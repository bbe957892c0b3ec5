//! Opens the remotes of the words: loads their heading files, and puts their tables behind the others.

ghost use Rattle.std.specs.Prelude.{◌≡◌, ◌<◌, ◌≤◌, ◌+◌, [], Some, Ok, Err, IfOk, IfErr, OnOk, length};
ghost use Rattle.std.specs.String.{string_bytes};
ghost use Rattle.table_csv.specs.TableFile.{table_of_bytes};
ghost use Rattle.run_base.specs.Seen.{folder_seen};
ghost use Rattle.run_plan.specs.Doing.{Went, Stopped, Refuses};
ghost use Rattle.run_plan.specs.Given.{AreHeadingsGiven, IsFileGiven, heading_name};
ghost use Rattle.run_plan.specs.Headings as spec;
ghost use Rattle.run_plan.specs.Headings.{opened_as, with_remote, heading_read, remotes_opened};
ghost use Rattle.run_plan.specs.Loaded.{AddsRemote};
ghost use Rattle.run_plan.specs.Naming.{counts};
ghost use Rattle.run_plan.specs.Prepared.{ReachedHeading};
ghost use Rattle.run_plan.specs.Open.{AreOpen};
ghost use Rattle.run_plan.specs.Steps.{ComesTo, or_refuse};
ghost use Rattle.run_plan.specs.declared.status.FileOf.TheVariants as file_of;
ghost use Rattle.run_plan.specs.declared.status.Status.TheVariants as status_of;

use crate::accesses::column_named;
use crate::loading::load;
use crate::status::{FileOf, Status};
use catalogue::Catalogue;
use command_line::RemoteWord;
use outside::Folder;
use remote_lookup::Remote;
use sq_value::{ColType, Column, Memory, SqText, Table};
use sqlite_items::Items;
use std::alloc::{AllocError, Global};
use table_csv::{TableFault, read_table};

/// What a heading file gives: the table of its remote, which has no rows, and the place of the column
/// that the remote is looked up by.
#[derive(Drop)]
pub struct Heading {
    /// The table of the remote, which has no rows.
    pub table: Table,
    /// The place of the key column, from 0.
    pub column: u32,
}

// Whether the column at a place is INTEGER.
fn is_integer(columns: &[Column], place: usize) -> bool
    ensures { result ≡ spec.is_integer_type (spec.kind_of_column columns.now place) }
{
    match columns.get(place) {
        Some(column) => column.kind == ColType::Integer,
        None => false,
    }
}

// The place of the column of this name, where it is INTEGER.
fn integer_named(columns: &[Column], name: &str) -> Option<usize>
    ensures { result ≡ spec.integer_named columns.now name.now }
{
    match column_named(columns, name) {
        Some(place) if is_integer(columns, place) => Some(place),
        _ => None,
    }
}

// The heading that a table is for a remote which is looked up by the column of this name.
fn heading_of(table: Table, name: &str) -> Option<Heading>
    ensures { result ≡ spec.heading_of name.now table }
{
    if table.rows() > 0 {
        return None;
    }
    match integer_named(table.columns(), name) {
        Some(place) => Some(Heading {
            table,
            column: place as u32,
        }),
        None => None,
    }
}

// The heading of a file's bytes.
fn heading_in(alloc: Global, bytes: &[u8], name: &str, number: u32) -> Result<Heading, Status>
    ensures ok { IfOk result (λ heading. spec.heading_in name.now (table_of_bytes bytes.now) ≡ Some heading) }
    ensures is { IfOk result spec.IsHeadingOf }
    ensures refused { IfErr result (λ s.
        Refuses (counts 0 0 (number + 1)) (ComesTo (or_refuse (status_of.BadHeading number)
        (spec.heading_in name.now (table_of_bytes bytes.now)))
        (Err s)) s) }
{
    match read_table(alloc, bytes) {
        Ok(table) => match heading_of(table, name) {
            Some(heading) => Ok(heading),
            None => Err(Status::BadHeading { remote: number }),
        },
        Err(TableFault::Memory) => Err(Status::Memory),
        Err(_) => Err(Status::BadHeading { remote: number }),
    }
}

// The name of a heading file.
fn heading_name(alloc: Global, prefix: &str) -> Result<String, AllocError>
    ensures { IfOk result (λ name. string_bytes name ≡ heading_name prefix.now) }
{
    format!(in alloc; "{prefix}heading.csv")
}

// Loads and reads the heading of a remote.
fn load_heading<F: Folder>(
    alloc: Global,
    folder: &mut F,
    word: &RemoteWord,
    number: u32,
) -> Result<Heading, Status>
    ensures went { IfOk result (λ heading.
        Went (folder_seen (F.holds folder.old) (F.faults folder.old))
        (folder_seen (F.holds folder.new) (F.faults folder.new))
        (IsFileGiven (heading_name word.now.prefix)) (λ found. ComesTo (heading_read number found word.now)
        (Ok heading))) }
    ensures is { IfOk result spec.IsHeadingOf }
    ensures stopped { IfErr result (λ s.
        Stopped (counts 0 0 (number + 1)) (folder_seen (F.holds folder.old) (F.faults folder.old))
        (folder_seen (F.holds folder.new) (F.faults folder.new))
        (IsFileGiven (heading_name word.now.prefix)) (λ found. ComesTo (heading_read number found word.now) (Err s))
        (λ found f. f ≡ file_of.Heading number) s) }
{
    let Ok(name) = heading_name(alloc, word.prefix.as_str()) else {
        return Err(Status::Memory);
    };
    let bytes = load(alloc, folder, name.as_str(), FileOf::Heading(number))?;
    heading_in(alloc, bytes.as_slice(), word.column.as_str(), number)
}

// Puts the table of a remote behind the others, and the remote. The names differ, so only memory may be wanting there.
fn push_remote(
    alloc: Global,
    word: &RemoteWord,
    heading: Heading,
    catalogue: &mut Catalogue,
    remotes: &mut Items<Remote>,
) -> Result<(), Memory>
    requires room { length catalogue.old.tables < 4294967295 }
    requires heading { spec.IsHeadingOf heading }
    ensures added { OnOk result (opened_as catalogue.new remotes.new
        ≡ with_remote (opened_as catalogue.old remotes.old) word.now heading) }
{
    let prefix = SqText::of(alloc, word.prefix.as_str())?;
    let Heading { table, column } = heading;
    let number = catalogue.tables().len();
    let Ok(_) = catalogue.add(word.name.as_str(), table) else {
        return Err(Memory);
    };
    remotes.push(Remote {
        table: number,
        column,
        prefix,
    })?;
    Ok(())
}

// Opens a remote behind the others.
fn open_remote<F: Folder>(
    alloc: Global,
    folder: &mut F,
    word: &RemoteWord,
    number: u32,
    catalogue: &mut Catalogue,
    remotes: &mut Items<Remote>,
) -> Result<(), Status>
    requires { length catalogue.old.tables < 4294967295 }
    ensures added { OnOk result
        (AddsRemote (folder_seen (F.holds folder.old) (F.faults folder.old))
        (folder_seen (F.holds folder.new) (F.faults folder.new))
        number word.now (opened_as catalogue.old remotes.old) (opened_as catalogue.new remotes.new)) }
    ensures stopped { IfErr result (λ s.
        Stopped (counts 0 0 (number + 1)) (folder_seen (F.holds folder.old) (F.faults folder.old))
        (folder_seen (F.holds folder.new) (F.faults folder.new))
        (IsFileGiven (heading_name word.now.prefix)) (λ found. ComesTo (heading_read number found word.now) (Err s))
        (λ found f. f ≡ file_of.Heading number) s) }
{
    let heading = load_heading(alloc, folder, word, number)?;
    match push_remote(alloc, word, heading, catalogue, remotes) {
        Ok(()) => Ok(()),
        Err(_) => Err(Status::Memory),
    }
}

/// Opens the remotes of the words, in order, up to the first refusal: their tables are put behind the
/// others, without rows.
///
/// # Errors
/// `NotFound`, `Read`, `BadHeading`, or `Limit` of a heading file; or `Memory`.
pub fn open_remotes<F: Folder>(
    alloc: Global,
    folder: &mut F,
    words: &[RemoteWord],
    catalogue: &mut Catalogue,
) -> Result<Items<Remote>, Status>
    requires few { length words.now ≤ 4 }
    requires tables { length catalogue.old.tables ≤ 16 }
    ensures went { IfOk result (λ remotes.
        Went (folder_seen (F.holds folder.old) (F.faults folder.old))
        (folder_seen (F.holds folder.new) (F.faults folder.new))
        (AreHeadingsGiven words.now) (λ founds. ComesTo (remotes_opened 0 founds (opened_as catalogue.old []) words.now)
        (Ok (opened_as catalogue.new remotes)))) }
    ensures stopped { IfErr result (λ s.
        Stopped (counts 0 0 (length words.now)) (folder_seen (F.holds folder.old) (F.faults folder.old))
        (folder_seen (F.holds folder.new) (F.faults folder.new))
        (AreHeadingsGiven words.now) (λ founds. ComesTo
        (remotes_opened 0 founds (opened_as catalogue.old []) words.now) (Err s))
        (λ founds. ReachedHeading founds (opened_as catalogue.old []) words.now) s) }
    ensures count { OnOk result
        (length catalogue.new.tables ≡ length catalogue.old.tables + length words.now) }
    ensures opened { IfOk result (AreOpen catalogue.new.tables) }
{
    let mut remotes = Items::new(alloc);
    for (index, word) in words.iter().enumerate() {
        open_remote(alloc, folder, word, index as u32, catalogue, &mut remotes)?;
    }
    Ok(remotes)
}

Problem statement>
Count how many lines of the entries include the string "index". The number is the entire answer.

Exercise output>
2